Exactly as they appear, copy the lines from the start of the entries below to the line containing "starts.now) × (k < 3)", both ends included.

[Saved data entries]
****************************************
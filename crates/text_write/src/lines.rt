// Lines, and the whole text. Each function returns the place after what it wrote.
ghost use Rattle.std.specs.Prelude.{◌∷◌, ◌+◌, ◌≤◌, ◌<◌, length};
ghost use Rattle.std.proofs.Math.Seq.{slice};
ghost use Rattle.grammar.specs.Table.{decode};
ghost use Rattle.text.specs.Pieces.{comma, join};
ghost use Rattle.text.specs.Spelled.{spelled};
ghost use Rattle.text_write.specs.Clauses.{Rows, Known, Coded, Wrote, line_text, codes_text, rule_text, rules_text, text_of};

use super::put::{put_byte, put_key, put_name, put_names};
use super::size::symbol;
use names::{COLON, LINE_END, NONTERMINALS, RULE, SPACE, TERMINALS};

// A line that declares names under key k.
fn put_line(
    out: &mut [u8],
    at: usize,
    k: usize,
    bytes: &[u8],
    starts: &[u32],
    lengths: &[u32],
    from: usize,
    to: usize,
) -> usize
    requires { Rows bytes.now starts.now lengths.now × (from ≤ to) × (to ≤ length starts.now) × (k < 3)
        × (at + length (line_text k (join comma (slice from to (spelled bytes.now starts.now lengths.now))))
        ≤ length out.old) }
    ensures { Wrote at
        (line_text k (join comma (slice from to (spelled bytes.now starts.now lengths.now))))
        out.old result out.new }
{
    let i = put_key(out, at, k);
    let j = put_names(out, i, bytes, starts, lengths, from, to);
    put_byte(out, j, LINE_END)
}

// The names of codes, with a space before each.
fn put_codes(
    out: &mut [u8],
    at: usize,
    codes: &[u16],
    t: usize,
    bytes: &[u8],
    starts: &[u32],
    lengths: &[u32],
) -> usize
    requires { Rows bytes.now starts.now lengths.now × Known t (length starts.now) codes.now
        × (at + length (codes_text t (spelled bytes.now starts.now lengths.now) codes.now) ≤ length out.old) }
    ensures { Wrote at
        (codes_text t (spelled bytes.now starts.now lengths.now) codes.now)
        out.old result out.new }
{
    let mut j = at;
    for code in codes {
        let s = symbol(t, *code);
        j = put_byte(out, j, SPACE);
        j = put_name(out, j, bytes, starts, lengths, s);
    }
    j
}

// A rule's line.
fn put_rule(
    out: &mut [u8],
    at: usize,
    left: u16,
    codes: &[u16],
    t: usize,
    bytes: &[u8],
    starts: &[u32],
    lengths: &[u32],
) -> usize
    requires { Rows bytes.now starts.now lengths.now × Known t (length starts.now) (left ∷ codes.now)
        × (at + length (rule_text t (spelled bytes.now starts.now lengths.now) (record { left = left; right = codes.now }))
        ≤ length out.old) }
    ensures { Wrote at
        (rule_text t (spelled bytes.now starts.now lengths.now)
        (record { left = left; right = codes.now }))
        out.old result out.new }
{
    let s = symbol(t, left);
    let a = put_key(out, at, RULE);
    let b = put_name(out, a, bytes, starts, lengths, s);
    let c = put_byte(out, b, COLON);
    let d = put_codes(out, c, codes, t, bytes, starts, lengths);
    put_byte(out, d, LINE_END)
}

// The lines of all rules.
fn put_rules(
    out: &mut [u8],
    at: usize,
    table: &[u16],
    t: usize,
    bytes: &[u8],
    starts: &[u32],
    lengths: &[u32],
) -> usize
    requires { Rows bytes.now starts.now lengths.now × Coded t (length starts.now) table.now
        × (at + length (rules_text t (spelled bytes.now starts.now lengths.now) table.now) ≤ length out.old) }
    ensures { Wrote at
        (rules_text t (spelled bytes.now starts.now lengths.now) table.now)
        out.old result out.new }
{
    let mut j = at;
    let mut o = 0;
    while o < table.len() {
        let left = table[o];
        let k = table[o + 1] as usize;
        let a = o + 2;
        let e = a + k;
        j = put_rule(out, j, left, &table[a..e], t, bytes, starts, lengths);
        o = e;
    }
    j
}

// The whole text.
pub fn put_text(
    out: &mut [u8],
    table: &[u16],
    t: usize,
    bytes: &[u8],
    starts: &[u32],
    lengths: &[u32],
) -> usize
    requires { Rows bytes.now starts.now lengths.now × Coded t (length starts.now) table.now
        × (t ≤ length starts.now)
        × (length (text_of t (spelled bytes.now starts.now lengths.now) (decode table.now)) ≤ length out.old) }
    ensures { Wrote 0
        (text_of t (spelled bytes.now starts.now lengths.now) (decode table.now))
        out.old result out.new }
{
    let m = starts.len();
    let i = put_line(out, 0, TERMINALS, bytes, starts, lengths, 0, t);
    let j = put_line(out, i, NONTERMINALS, bytes, starts, lengths, t, m);
    put_rules(out, j, table, t, bytes, starts, lengths)
}
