// The type of what reading back answers, and the letters of strings as entries. No function stands here: specs/ has the
// definitions, over this type.

#![tactic(auto)]

use grammar::Cause;

// An entry is this unit times the letter's kind, and its number: a rule's, or a symbol's code.
pub const KIND_UNIT: u32 = 65536;

pub const OPENING: u32 = 1;

pub const CLOSING: u32 = 2;

pub const SYMBOL: u32 = 3;

// ( and ), before a rule's number.
pub const OPENS: u8 = 40;

pub const CLOSES: u8 = 41;

// How many letters the two strings have; or the refusal of the grammar's text, or of the lines, or that a row is too short, with
// the document's number and position.
#[derive(Drop)]
pub enum ReadBack {
    Read { left: usize, right: usize },
    GrammarRefused(Cause, usize),
    Refused(Cause, usize),
}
****************************************
_Result below_
filename crates/text_write/src/lines.rt
// Lines, and the whole text. Each function returns the place after what it wrote.
ghost use Rattle.std.specs.Prelude.{◌∷◌, ◌+◌, ◌≤◌, ◌<◌, length};
ghost use Rattle.std.proofs.Math.Seq.{slice};
ghost use Rattle.grammar.specs.Table.{decode};
ghost use Rattle.text.specs.Pieces.{comma, join};
ghost use Rattle.text.specs.Spelled.{spelled};
ghost use Rattle.text_write.specs.Clauses.{Rows, Known, Coded, Wrote, line_text, codes_text, rule_text, rules_text, text_of};

use super::put::{put_byte, put_key, put_name, put_names};
use super::size::symbol;
use names::{COLON, LINE_END, NONTERMINALS, RULE, SPACE, TERMINALS};

// A line that declares names under key k.
fn put_line(
    out: &mut [u8],
    at: usize,
    k: usize,
    bytes: &[u8],
    starts: &[u32],
    lengths: &[u32],
    from: usize,
    to: usize,
) -> usize
    requires { Rows bytes.now starts.now lengths.now × (from ≤ to) × (to ≤ length starts.now) × (k < 3)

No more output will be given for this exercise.